==== Material shown ====

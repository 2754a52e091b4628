// The columns of the symbol table, how many numbers a row has, and how many are lent for one: the sixth, its count, stands behind the rows
// (`counts_at`). READ_SCOPE is the scope that was read, whatever has moved since.
pub const NAME: u16 = 0;

pub const FLAGS: u16 = 1;

pub const SCOPE: u16 = 2;

pub const MADE: u16 = 3;

pub const READ_SCOPE: u16 = 4;

pub const NUMBERS: usize = 5;

pub const LENT: usize = 6;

====

▶ **Work item**: The lines in the entries above that carry the word "usize" must be copied.

▶ **Problem solution**:
pub const NUMBERS: usize = 5;
pub const LENT: usize = 6;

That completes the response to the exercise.